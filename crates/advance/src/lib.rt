// advance.rs, `advance`: every place a distance on from a lane position along the lanes, one for each branch. `specs/Advance.antt` says what is
// answered.
#![tactic(auto)]

ghost use Rattle.std.specs.Prelude.{◌≡◌, ◌*◌, ◌<◌, ◌≤◌, [], length, reverse};
ghost use Rattle.geometry.specs.Over.{over};
ghost use Rattle.road.specs.Along.{along_of};
ghost use Rattle.rows.specs.Rows.{placed_section, points_of, stations_of};
ghost use Rattle.branches.specs.Tables.{Bounded};
ghost use Rattle.branches.specs.Held.{tables_of};
ghost use Rattle.explore.specs.Held.{state_of};
ghost use Rattle.advance.specs.Advance.{first_branch, first_branches, explored, rows_of, case_row, metre_row};
ghost use Rattle.advance.specs.Advance.{advanced_of, answered};
ghost use Rattle.advance.specs.Advance.{AnswerOf, advance_rows};

use beside::{Direction, LanePosition};
use branches::{Branch, Front, Lanes, Placed, Plan};
use ends::{Advance, Found};
use explore::State;
use plan_format::Refusal;
use road::StationedLane;

// What `advance` answers: document 01's number, how many keys were entered, and how many positions stand in the lists. It is what C gets; an `Ok`
// is this struct with number 0, since one of its own would repeat two of the three fields. Each answer for C has its own
// fields and zeros, so its own `From`: no macro of ours may write an impl.
#[repr(C)]
#[derive(Clone, Copy)]
pub struct Advanced {
    pub number: usize,
    pub keys: usize,
    pub positions: usize,
}

impl From<Result<Advanced, Refusal>> for Advanced {
    ghost from_gives = { λ found answer. answer ≡ advanced_of found };

    fn from(found: Result<Advanced, Refusal>) -> Advanced {
        match found {
            Ok(answer) => answer,
            Err(refusal) => Advanced {
                number: refusal.number(),
                keys: 0,
                positions: 0,
            },
        }
    }
}

// Where a search begins: the row of a lane, how far along its centerline, the offset toward the left of the road, and how far to go, back where
// that is negative.
#[derive(Clone, Copy)]
struct Start {
    lane: usize,
    arc: f32,
    offset: f64,
    distance: f64,
}

impl Start {
    // The first branch that moves `up` the lane.
    fn branch(self, ahead: bool, up: bool) -> Branch
        ensures { result ≡ first_branch ahead self.lane self.arc self.offset self.distance up }
    {
        Branch {
            lane: self.lane,
            arc: self.arc,
            up,
            left: self.offset * branches::side(ahead, up),
            remaining: float::abs(self.distance),
        }
    }

    // Puts the first branches in flight: one with the traffic of the lane, or one each way, of which that up the centerline is taken first.
    #[tactic(auto, unfolding(crate::specs::Advance::first_branches))]
    fn put(self, front: &mut Front, lanes: &Lanes, ahead: bool)
        requires { (self.lane < lanes.now.count) × (front.old.todo.items ≡ []) }
        ensures first { reverse front.new.todo.items
            ≡ first_branches lanes.now.rows.now ahead self.lane self.arc self.offset self.distance }
        ensures keys { front.new.keys.items ≡ front.old.keys.items }
        ensures full { front.new.full ≡ front.old.full }
    {
        match lanes.direction(self.lane) {
            Direction::Both => {
                front.todo.push(self.branch(ahead, false));
                front.todo.push(self.branch(ahead, true));
            }
            Direction::Forward => front.todo.push(self.branch(ahead, ahead)),
            _ => front.todo.push(self.branch(ahead, !ahead)),
        }
    }
}

// Writes the places into the lists.
#[tactic(auto, unfolding(crate::specs::Advance::rows_of))]
fn write_answers(out: &[Advance], rows: &mut [usize], positions: &mut [f64])
    requires { (2 * length out.now ≤ length rows.old) × (3 * length out.now ≤ length positions.old) }
    ensures rows { rows.new ≡ over (rows_of case_row (reverse out.now)) rows.old }
    ensures positions { positions.new ≡ over (rows_of metre_row (reverse out.now)) positions.old }
{
    for (i, a) in out.iter().enumerate() {
        a.write(rows, positions, i);
    }
}

// The answer of a run that has come this far, and its places in the lists where they fit.
#[tactic(auto, unfolding(crate::specs::Advance::answered_by))]
fn answer(state: &State, rows: &mut [usize], positions: &mut [f64]) -> Result<Advanced, Refusal>
    ensures { AnswerOf (advanced_of result) rows.new positions.new (answered (state_of state.now) rows.old positions.old) }
{
    let out = state.found.out.as_slice();
    let n = out.len();
    if state.front.full || rows.len() < 2 * n || positions.len() < 3 * n {
        return Err(Refusal::TooMuch);
    }
    write_answers(out, rows, positions);
    Ok(Advanced {
        number: 0,
        keys: state.front.keys.len(),
        positions: n,
    })
}

// Every place from `from` on.
#[tactic(auto, unfolding(crate::specs::Advance::explored))]
fn search(
    plan: &Plan,
    from: Start,
    rows: &mut [usize],
    positions: &mut [f64],
) -> Result<Advanced, Refusal>
    requires { from.lane < plan.now.lanes.count }
    ensures { AnswerOf (advanced_of result) rows.new positions.new
        (answered (explored (tables_of plan.now) from.lane from.arc from.offset from.distance) rows.old positions.old) }
{
    let ahead = from.distance >= 0.0;
    let mut state = State {
        front: Front::new(),
        found: Found::new(),
    };
    from.put(&mut state.front, &plan.lanes, ahead);
    state.run(plan, ahead);
    answer(&state, rows, positions)
}

// How far along its lane the station s of a place's section is.
fn arc_at(at: &Placed, s: f64) -> f32
    ensures { result ≡ along_of (points_of at.now.plan.lanes.rows.now at.now.plan.lanes.points.now at.now.lane)
        (stations_of at.now.plan.sections.now at.now.plan.stations.now (placed_section at.now.plan.places.now at.now.row)) s }
{
    let lane = StationedLane {
        line: at.plan.lanes.line(at.lane),
        stations: at.stations(),
    };
    lane.along(s)
}

// Every place `distance` metres on from `from` along the lanes: a row of case and lane, and one of s, offset and metres short, for each. The lists
// are written only where all rows fit.
#[tactic(auto, unfolding(crate::specs::Advance::advance_rows, crate::specs::Advance::advance_row))]
pub fn advance(
    plan: &Plan,
    bounds: &[f64],
    from: LanePosition,
    distance: f64,
    rows: &mut [usize],
    positions: &mut [f64],
) -> Result<Advanced, Refusal>
    requires { Bounded plan.now.fans.now plan.now.places.now plan.now.place_count bounds.now plan.now.lanes.count }
    ensures { AnswerOf (advanced_of result) rows.new positions.new
        (advance_rows (tables_of plan.now) bounds.now from distance rows.old positions.old) }
{
    let lanes = plan.lanes;
    let i = plan_find::find_lane(from.lane, lanes.rows, lanes.count).ok_or(Refusal::NotOnALane)?;
    let at = plan.place(i).ok_or(Refusal::NotOnALane)?;
    if !beside::is_in_section(bounds, at.section(), from.s) {
        return Err(Refusal::NotOnALane);
    }
    if !float::is_finite(distance) {
        return Err(Refusal::NotADistance);
    }
    let start = Start {
        lane: i,
        arc: arc_at(&at, from.s),
        offset: from.offset,
        distance,
    };
    search(plan, start, rows, positions)
}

Goal of the exercise » Write out every line of the data that holds the word "float".

Solution »
            remaining: float::abs(self.distance),
    if !float::is_finite(distance) {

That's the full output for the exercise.